[Exercise aim]
Beneath this task are records; tally the lines in them that contain "take" and report only the number.

[Source data]
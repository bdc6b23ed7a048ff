// Blocks for the edges from a block with two successors to one with two predecessors.

ghost use Rattle.std.specs.Prelude.{◌≡◌, ◌++◌, ◌∷◌, ◌<◌, ◌^◌, [], IfOk, drop, length, map, take};
ghost use Rattle.vx_flow.specs.Sound.{targets_of};
ghost use Rattle.vx_shape.specs.Origins.{AreOrigins};
ghost use Rattle.vx_inline.specs.Inlined.{behind, critical, edge_block, entries, is_among, relinked, relinked_exit, sides, with_edges};
ghost use Rattle.vx_inline.specs.Linking.{crossing, is_entered_twice, over_block, over_edge, split_sides};

use std::alloc::Global;
use vx_base::listed::{Listed, copied};
use vx_base::outcome::NoMemory;
use vx_base::sizes::{number_of, sum};
use vx_flow::copies::copied_block;
use vx_flow::graph::{Block, BlockId, Edge, Exit};
use vx_shape::origins::origins;

/// The edges from a block with two successors to one with two predecessors or more, ascending.
#[tactic(auto, using(crate::proofs::Linking::critical_next))]
pub(crate) fn critical(alloc: Global, blocks: &[Block]) -> Result<Listed<Edge>, NoMemory>
    requires { length blocks.now < 2 ^ 32 }
    ensures { IfOk result (λ edges. edges ≡ critical blocks.now 0 blocks.now) }
{
    let origins = origins(alloc, blocks)?;
    let mut edges = Listed::new(alloc);
    for (from, block) in blocks.iter().enumerate() {
        let from = number_of(from)?;
        push_critical(&mut edges, blocks, origins.as_slice(), from, &block.exit)?;
    }
    Ok(edges)
}

fn push_critical(
    edges: &mut Listed<Edge>,
    blocks: &[Block],
    origins: &[usize],
    from: BlockId,
    exit: &Exit,
) -> Result<(), NoMemory>
    requires few { length blocks.now < 2 ^ 32 }
    requires origins { AreOrigins blocks.now origins.now }
    ensures { IfOk result (λ _. edges.new ≡ edges.old ++ crossing blocks.now from (sides exit.now)) }
{
    match exit {
        Exit::Split { yes, no, .. } => push_sides(edges, blocks, origins, from, *yes, *no),
        Exit::Goto(_) | Exit::Call { .. } | Exit::Return(_) | Exit::Ends(_) => Ok(()),
    }
}

#[tactic(auto, using(crate::proofs::Linking::crossing_cons, crate::proofs::Linking::sides_none, crate::proofs::Linking::sides_up, crate::proofs::Linking::sides_down))]
fn push_sides(
    edges: &mut Listed<Edge>,
    blocks: &[Block],
    origins: &[usize],
    from: BlockId,
    yes: BlockId,
    no: BlockId,
) -> Result<(), NoMemory>
    requires few { length blocks.now < 2 ^ 32 }
    requires origins { AreOrigins blocks.now origins.now }
    ensures { IfOk result (λ _. edges.new ≡ edges.old ++ crossing blocks.now from (split_sides yes no)) }
{
    if yes == no {
        return Ok(());
    }
    if yes < no {
        push_side(edges, blocks, origins, from, yes)?;
        push_side(edges, blocks, origins, from, no)
    } else {
        push_side(edges, blocks, origins, from, no)?;
        push_side(edges, blocks, origins, from, yes)
    }
}

/// Adds an edge, where many lead to its end.
fn push_side(
    edges: &mut Listed<Edge>,
    blocks: &[Block],
    origins: &[usize],
    from: BlockId,
    to: BlockId,
) -> Result<(), NoMemory>
    requires few { length blocks.now < 2 ^ 32 }
    requires origins { AreOrigins blocks.now origins.now }
    ensures { IfOk result (λ _. edges.new ≡ edges.old ++ crossing blocks.now from (to ∷ [])) }
{
    if is_entered_twice(blocks, origins, to) {
        edges.push(Edge { from, to })?;
    }
    Ok(())
}

/// Whether two blocks or more lead to a block.
#[tactic(auto, using(crate::proofs::Linking::entered_where_many))]
fn is_entered_twice(blocks: &[Block], origins: &[usize], to: BlockId) -> bool
    requires few { length blocks.now < 2 ^ 32 }
    requires origins { AreOrigins blocks.now origins.now }
    ensures { result ≡ is_entered_twice blocks.now to }
{
    match origins.get(to as usize) {
        Some(origin) => *origin == blocks.len(),
        None => entries(blocks, to) > 1,
    }
}

/// How many blocks lead to a block.
fn entries(blocks: &[Block], to: BlockId) -> usize
    ensures is { result ≡ entries blocks.now to }
{
    let mut count = 0;
    for block in blocks {
        if leads_to(&block.exit, to) {
            count += 1;
        }
    }
    count
}

fn leads_to(exit: &Exit, to: BlockId) -> bool
    ensures { result ≡ is_among (targets_of exit.now) to }
{
    match exit {
        Exit::Goto(next) => *next == to,
        Exit::Split { yes, no, .. } => *yes == to || *no == to,
        Exit::Call { next, .. } => *next == to,
        Exit::Return(_) => false,
        Exit::Ends(_) => false,
    }
}

/// The blocks with a block for each of these edges at a place; as they are where there is none.
pub(crate) fn linked(
    alloc: Global,
    place: u32,
    edges: &Listed<Edge>,
    blocks: Listed<Block>,
) -> Result<Listed<Block>, NoMemory>
    ensures { IfOk result (λ new. new ≡ with_edges place edges.now blocks) }
{
    if edges.is_empty() {
        return Ok(blocks);
    }
    with_edges(alloc, place, edges, blocks.as_slice())
}

fn with_edges(
    alloc: Global,
    place: u32,
    edges: &Listed<Edge>,
    blocks: &[Block],
) -> Result<Listed<Block>, NoMemory>
    ensures { IfOk result (λ new. new ≡ with_edges place edges.now blocks.now) }
{
    let mut new = Listed::new(alloc);
    push_relinked(alloc, &mut new, place, edges, front(blocks, place))?;
    push_edge_blocks(alloc, &mut new, place, edges)?;
    push_copies(alloc, &mut new, rest(blocks, place))?;
    Ok(new)
}

fn front(blocks: &[Block], place: u32) -> &[Block]
    ensures { result.now ≡ take place blocks.now }
{
    if (place as usize) < blocks.len() {
        &blocks[..place as usize]
    } else {
        blocks
    }
}

fn rest(blocks: &[Block], place: u32) -> &[Block]
    ensures { result.now ≡ drop place blocks.now }
{
    if (place as usize) < blocks.len() {
        &blocks[place as usize..]
    } else {
        &[]
    }
}

#[tactic(auto, using(crate::proofs::Linking::relinked_next))]
fn push_relinked(
    alloc: Global,
    new: &mut Listed<Block>,
    place: u32,
    edges: &Listed<Edge>,
    blocks: &[Block],
) -> Result<(), NoMemory>
    ensures { IfOk result (λ _. new.new ≡ new.old ++ relinked place edges.now 0 blocks.now) }
{
    for (from, block) in blocks.iter().enumerate() {
        let from = number_of(from)?;
        let exit = relinked_exit(alloc, place, edges, from, &block.exit)?;
        let ops = copied(alloc, block.ops.as_slice())?;
        new.push(Block { ops, exit })?;
    }
    Ok(())
}

/// An exit, where blocks stand behind those of edges; an edge of a split that has a block of its own goes over it.
fn relinked_exit(
    alloc: Global,
    place: u32,
    edges: &Listed<Edge>,
    from: BlockId,
    exit: &Exit,
) -> Result<Exit, NoMemory>
    ensures { IfOk result (λ new. new ≡ relinked_exit place edges.now from exit.now) }
{
    match exit {
        Exit::Goto(next) => Ok(Exit::Goto(behind(place, edges, *next)?)),
        Exit::Split { test, yes, no } => {
            let yes = over(place, edges, from, *yes)?;
            let no = over(place, edges, from, *no)?;
            Ok(Exit::Split {
                test: *test,
                yes,
                no,
            })
        }
        Exit::Call {
            function,
            arguments,
            result,
            next,
        } => {
            let next = behind(place, edges, *next)?;
            let arguments = copied(alloc, arguments.as_slice())?;
            Ok(Exit::Call {
                function: *function,
                arguments,
                result: *result,
                next,
            })
        }
        Exit::Return(operand) => Ok(Exit::Return(*operand)),
        Exit::Ends(trap) => Ok(Exit::Ends(*trap)),
    }
}

/// Where a block stands behind those of the edges.
fn behind(place: u32, edges: &Listed<Edge>, block: BlockId) -> Result<BlockId, NoMemory>
    ensures { IfOk result (λ new. new ≡ behind place (length edges.now) block) }
{
    if block < place {
        Ok(block)
    } else {
        sum(block, edges.len() as u32)
    }
}

/// The block of an edge, if it has one of its own, else where it leads. There are few of these edges.
fn over(place: u32, edges: &Listed<Edge>, from: BlockId, to: BlockId) -> Result<BlockId, NoMemory>
    ensures { IfOk result (λ new. new ≡ over_block place edges.now from to) }
{
    let other = behind(place, edges, to)?;
    edge_block(from, to, place, edges.as_slice(), other)
}

fn edge_block(
    from: BlockId,
    to: BlockId,
    place: u32,
    edges: &[Edge],
    other: BlockId,
) -> Result<BlockId, NoMemory>
    ensures { IfOk result (λ new. new ≡ edge_block from to place edges.now other) }
{
    let mut at = place;
    for edge in edges {
        if edge.from == from && edge.to == to {
            return Ok(at);
        }
        at = sum(at, 1)?;
    }
    Ok(other)
}

fn push_edge_blocks(
    alloc: Global,
    new: &mut Listed<Block>,
    place: u32,
    edges: &Listed<Edge>,
) -> Result<(), NoMemory>
    ensures { IfOk result (λ _. new.new ≡ new.old ++ map (over_edge place (length edges.now)) edges.now) }
{
    for edge in edges.as_slice() {
        let next = behind(place, edges, edge.to)?;
        new.push(Block {
            ops: Listed::new(alloc),
            exit: Exit::Goto(next),
        })?;
    }
    Ok(())
}

fn push_copies(alloc: Global, new: &mut Listed<Block>, blocks: &[Block]) -> Result<(), NoMemory>
    ensures { IfOk result (λ _. new.new ≡ new.old ++ blocks.now) }
{
    for block in blocks {
        new.push(copied_block(alloc, block)?)?;
    }
    Ok(())
}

[Result of this task]
2